- _Your objective_
Give back a single figure: the number of lines in the entries below that contain "FoldedError".

[Dataset entries]
►
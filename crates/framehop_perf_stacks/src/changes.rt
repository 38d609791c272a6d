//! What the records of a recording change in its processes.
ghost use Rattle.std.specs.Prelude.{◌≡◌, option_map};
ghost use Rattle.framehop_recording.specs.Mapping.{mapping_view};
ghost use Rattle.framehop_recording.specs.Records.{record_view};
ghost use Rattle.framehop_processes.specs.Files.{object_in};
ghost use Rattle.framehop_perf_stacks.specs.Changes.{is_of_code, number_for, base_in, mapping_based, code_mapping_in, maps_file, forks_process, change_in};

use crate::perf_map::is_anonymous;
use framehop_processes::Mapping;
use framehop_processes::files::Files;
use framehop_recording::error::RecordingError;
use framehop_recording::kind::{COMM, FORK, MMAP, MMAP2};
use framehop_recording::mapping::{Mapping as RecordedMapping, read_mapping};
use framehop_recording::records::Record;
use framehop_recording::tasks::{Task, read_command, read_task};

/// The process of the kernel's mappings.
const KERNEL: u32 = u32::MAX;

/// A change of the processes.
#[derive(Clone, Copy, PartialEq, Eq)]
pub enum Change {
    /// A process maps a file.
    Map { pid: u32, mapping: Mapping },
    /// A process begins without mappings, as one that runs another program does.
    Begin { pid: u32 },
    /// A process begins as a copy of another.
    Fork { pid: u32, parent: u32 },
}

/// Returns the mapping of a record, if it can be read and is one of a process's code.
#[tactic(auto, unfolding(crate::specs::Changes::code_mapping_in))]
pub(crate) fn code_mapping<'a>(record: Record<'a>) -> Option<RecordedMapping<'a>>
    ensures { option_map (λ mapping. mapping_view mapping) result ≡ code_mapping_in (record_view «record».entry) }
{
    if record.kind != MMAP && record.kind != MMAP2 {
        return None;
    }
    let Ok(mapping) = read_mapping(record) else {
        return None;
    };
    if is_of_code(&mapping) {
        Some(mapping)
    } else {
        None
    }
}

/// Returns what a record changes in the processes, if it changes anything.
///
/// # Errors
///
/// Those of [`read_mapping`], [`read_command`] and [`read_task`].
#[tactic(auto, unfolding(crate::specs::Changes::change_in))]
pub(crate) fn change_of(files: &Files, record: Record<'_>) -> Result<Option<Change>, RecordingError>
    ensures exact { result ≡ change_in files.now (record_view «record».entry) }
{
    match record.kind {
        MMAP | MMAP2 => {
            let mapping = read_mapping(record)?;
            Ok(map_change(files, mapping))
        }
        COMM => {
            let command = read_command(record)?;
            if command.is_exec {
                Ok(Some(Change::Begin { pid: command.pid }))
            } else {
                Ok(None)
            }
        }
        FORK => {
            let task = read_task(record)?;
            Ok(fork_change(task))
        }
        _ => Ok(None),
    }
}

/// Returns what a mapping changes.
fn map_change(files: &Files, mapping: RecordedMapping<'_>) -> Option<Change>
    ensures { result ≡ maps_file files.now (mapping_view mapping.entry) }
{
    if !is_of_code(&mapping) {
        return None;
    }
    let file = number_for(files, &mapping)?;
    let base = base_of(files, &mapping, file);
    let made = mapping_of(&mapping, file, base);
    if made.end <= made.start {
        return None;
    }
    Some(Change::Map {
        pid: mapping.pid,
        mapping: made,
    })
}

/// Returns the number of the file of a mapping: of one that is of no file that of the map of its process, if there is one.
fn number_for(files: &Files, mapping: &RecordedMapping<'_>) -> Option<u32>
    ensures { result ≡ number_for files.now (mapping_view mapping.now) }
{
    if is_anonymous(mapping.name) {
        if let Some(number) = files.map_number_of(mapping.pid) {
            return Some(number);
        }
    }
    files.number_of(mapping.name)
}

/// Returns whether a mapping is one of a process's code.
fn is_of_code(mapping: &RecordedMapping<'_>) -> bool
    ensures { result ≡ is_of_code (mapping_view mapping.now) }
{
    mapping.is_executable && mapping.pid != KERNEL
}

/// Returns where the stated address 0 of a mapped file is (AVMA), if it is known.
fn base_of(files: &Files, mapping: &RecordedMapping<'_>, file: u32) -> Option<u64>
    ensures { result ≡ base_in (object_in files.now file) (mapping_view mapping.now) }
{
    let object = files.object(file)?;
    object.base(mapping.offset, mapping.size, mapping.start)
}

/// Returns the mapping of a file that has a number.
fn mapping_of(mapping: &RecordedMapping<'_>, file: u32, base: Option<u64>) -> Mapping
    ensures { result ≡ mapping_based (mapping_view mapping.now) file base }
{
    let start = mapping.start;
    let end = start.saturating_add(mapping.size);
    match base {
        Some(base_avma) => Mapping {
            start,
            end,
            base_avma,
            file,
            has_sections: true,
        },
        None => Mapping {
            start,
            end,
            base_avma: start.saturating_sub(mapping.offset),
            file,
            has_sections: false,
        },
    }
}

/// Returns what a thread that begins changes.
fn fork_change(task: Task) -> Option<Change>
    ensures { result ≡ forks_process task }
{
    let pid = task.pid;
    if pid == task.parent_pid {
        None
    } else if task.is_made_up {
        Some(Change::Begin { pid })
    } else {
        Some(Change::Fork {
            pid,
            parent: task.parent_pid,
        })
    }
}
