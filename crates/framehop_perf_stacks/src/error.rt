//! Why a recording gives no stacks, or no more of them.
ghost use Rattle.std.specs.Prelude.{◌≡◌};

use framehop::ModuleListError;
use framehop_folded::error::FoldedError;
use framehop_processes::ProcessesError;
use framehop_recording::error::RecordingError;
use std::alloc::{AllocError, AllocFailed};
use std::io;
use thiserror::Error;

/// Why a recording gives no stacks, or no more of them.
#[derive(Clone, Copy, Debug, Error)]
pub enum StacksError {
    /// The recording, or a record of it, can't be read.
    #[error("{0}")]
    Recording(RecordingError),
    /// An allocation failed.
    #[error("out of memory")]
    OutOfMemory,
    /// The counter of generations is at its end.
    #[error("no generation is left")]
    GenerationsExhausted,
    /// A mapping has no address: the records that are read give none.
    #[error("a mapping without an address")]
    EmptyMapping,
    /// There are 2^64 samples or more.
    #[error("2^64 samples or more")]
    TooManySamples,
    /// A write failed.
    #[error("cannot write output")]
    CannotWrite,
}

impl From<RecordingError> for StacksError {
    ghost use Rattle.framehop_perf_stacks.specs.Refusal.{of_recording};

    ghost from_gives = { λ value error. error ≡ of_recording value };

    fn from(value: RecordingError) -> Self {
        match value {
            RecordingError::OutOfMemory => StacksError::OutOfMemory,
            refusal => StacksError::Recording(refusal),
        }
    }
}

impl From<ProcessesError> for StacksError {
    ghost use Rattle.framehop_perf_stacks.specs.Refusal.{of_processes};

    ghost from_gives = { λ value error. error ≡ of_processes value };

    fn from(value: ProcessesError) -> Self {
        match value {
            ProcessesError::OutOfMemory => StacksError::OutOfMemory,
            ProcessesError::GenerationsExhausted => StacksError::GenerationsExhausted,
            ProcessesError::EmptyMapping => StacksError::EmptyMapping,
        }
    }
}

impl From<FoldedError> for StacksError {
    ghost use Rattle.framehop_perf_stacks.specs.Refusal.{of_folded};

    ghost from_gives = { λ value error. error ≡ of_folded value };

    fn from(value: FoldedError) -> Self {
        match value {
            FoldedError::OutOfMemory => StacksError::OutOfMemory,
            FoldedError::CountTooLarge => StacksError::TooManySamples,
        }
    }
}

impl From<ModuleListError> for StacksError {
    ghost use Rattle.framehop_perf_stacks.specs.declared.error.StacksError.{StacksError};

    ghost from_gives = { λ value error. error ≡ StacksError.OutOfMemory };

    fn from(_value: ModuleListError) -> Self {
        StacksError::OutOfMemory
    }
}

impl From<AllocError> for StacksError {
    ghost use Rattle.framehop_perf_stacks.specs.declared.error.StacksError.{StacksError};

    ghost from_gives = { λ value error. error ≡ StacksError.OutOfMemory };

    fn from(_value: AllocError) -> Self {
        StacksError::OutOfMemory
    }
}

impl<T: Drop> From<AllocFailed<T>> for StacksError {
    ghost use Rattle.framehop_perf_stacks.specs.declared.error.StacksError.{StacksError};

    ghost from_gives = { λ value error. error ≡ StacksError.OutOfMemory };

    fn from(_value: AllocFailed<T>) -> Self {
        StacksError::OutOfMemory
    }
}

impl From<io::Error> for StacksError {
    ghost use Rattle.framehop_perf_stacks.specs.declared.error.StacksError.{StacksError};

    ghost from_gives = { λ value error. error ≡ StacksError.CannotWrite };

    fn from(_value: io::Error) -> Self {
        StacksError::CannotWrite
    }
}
◄
►
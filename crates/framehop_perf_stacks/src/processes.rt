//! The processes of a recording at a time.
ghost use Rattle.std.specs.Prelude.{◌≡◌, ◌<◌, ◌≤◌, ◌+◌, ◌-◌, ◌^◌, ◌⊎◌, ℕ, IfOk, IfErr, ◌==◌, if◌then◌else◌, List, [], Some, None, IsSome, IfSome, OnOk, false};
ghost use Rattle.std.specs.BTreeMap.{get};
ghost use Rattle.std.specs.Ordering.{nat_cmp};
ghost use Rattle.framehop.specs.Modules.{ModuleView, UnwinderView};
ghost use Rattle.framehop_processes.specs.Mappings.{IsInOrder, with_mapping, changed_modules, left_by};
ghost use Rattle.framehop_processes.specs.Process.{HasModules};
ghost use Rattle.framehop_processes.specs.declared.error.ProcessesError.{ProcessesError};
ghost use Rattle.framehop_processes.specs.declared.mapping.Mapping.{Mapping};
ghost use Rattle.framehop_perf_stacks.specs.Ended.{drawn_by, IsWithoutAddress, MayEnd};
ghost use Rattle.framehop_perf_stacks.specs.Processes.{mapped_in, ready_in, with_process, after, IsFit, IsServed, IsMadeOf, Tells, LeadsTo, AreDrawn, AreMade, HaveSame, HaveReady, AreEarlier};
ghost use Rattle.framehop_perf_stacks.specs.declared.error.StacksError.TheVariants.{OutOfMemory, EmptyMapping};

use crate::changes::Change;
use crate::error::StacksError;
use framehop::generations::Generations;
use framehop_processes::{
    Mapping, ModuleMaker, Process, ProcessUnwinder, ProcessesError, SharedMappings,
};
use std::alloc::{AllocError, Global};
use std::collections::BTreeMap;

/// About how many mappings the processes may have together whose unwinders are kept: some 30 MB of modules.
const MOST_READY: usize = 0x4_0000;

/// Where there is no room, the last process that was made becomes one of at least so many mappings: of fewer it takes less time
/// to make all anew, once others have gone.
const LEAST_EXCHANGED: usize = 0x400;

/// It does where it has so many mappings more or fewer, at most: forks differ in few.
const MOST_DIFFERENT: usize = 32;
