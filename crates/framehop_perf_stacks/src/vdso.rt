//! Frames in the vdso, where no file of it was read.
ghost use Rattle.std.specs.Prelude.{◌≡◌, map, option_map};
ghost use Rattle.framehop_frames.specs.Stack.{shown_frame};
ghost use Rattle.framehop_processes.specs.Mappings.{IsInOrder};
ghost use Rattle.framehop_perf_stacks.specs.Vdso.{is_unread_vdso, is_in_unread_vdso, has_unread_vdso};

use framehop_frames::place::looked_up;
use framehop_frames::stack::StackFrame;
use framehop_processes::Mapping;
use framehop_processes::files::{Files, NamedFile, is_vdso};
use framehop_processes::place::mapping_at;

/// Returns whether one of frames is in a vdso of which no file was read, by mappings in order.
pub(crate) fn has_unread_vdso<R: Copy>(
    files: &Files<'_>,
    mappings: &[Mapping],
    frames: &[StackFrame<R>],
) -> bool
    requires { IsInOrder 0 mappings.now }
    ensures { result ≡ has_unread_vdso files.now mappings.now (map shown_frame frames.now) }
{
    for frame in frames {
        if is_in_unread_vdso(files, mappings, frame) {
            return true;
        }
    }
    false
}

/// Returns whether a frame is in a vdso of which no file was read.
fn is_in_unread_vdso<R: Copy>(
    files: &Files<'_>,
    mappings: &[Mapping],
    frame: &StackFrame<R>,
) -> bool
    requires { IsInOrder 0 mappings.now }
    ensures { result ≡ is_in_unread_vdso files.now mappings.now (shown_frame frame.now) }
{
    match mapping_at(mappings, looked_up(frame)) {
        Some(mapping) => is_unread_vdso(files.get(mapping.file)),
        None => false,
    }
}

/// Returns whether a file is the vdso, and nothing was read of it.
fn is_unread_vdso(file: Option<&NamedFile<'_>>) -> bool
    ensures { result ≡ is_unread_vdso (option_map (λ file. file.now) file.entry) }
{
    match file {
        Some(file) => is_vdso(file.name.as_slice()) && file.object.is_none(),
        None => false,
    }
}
◄
- _Your solution_
5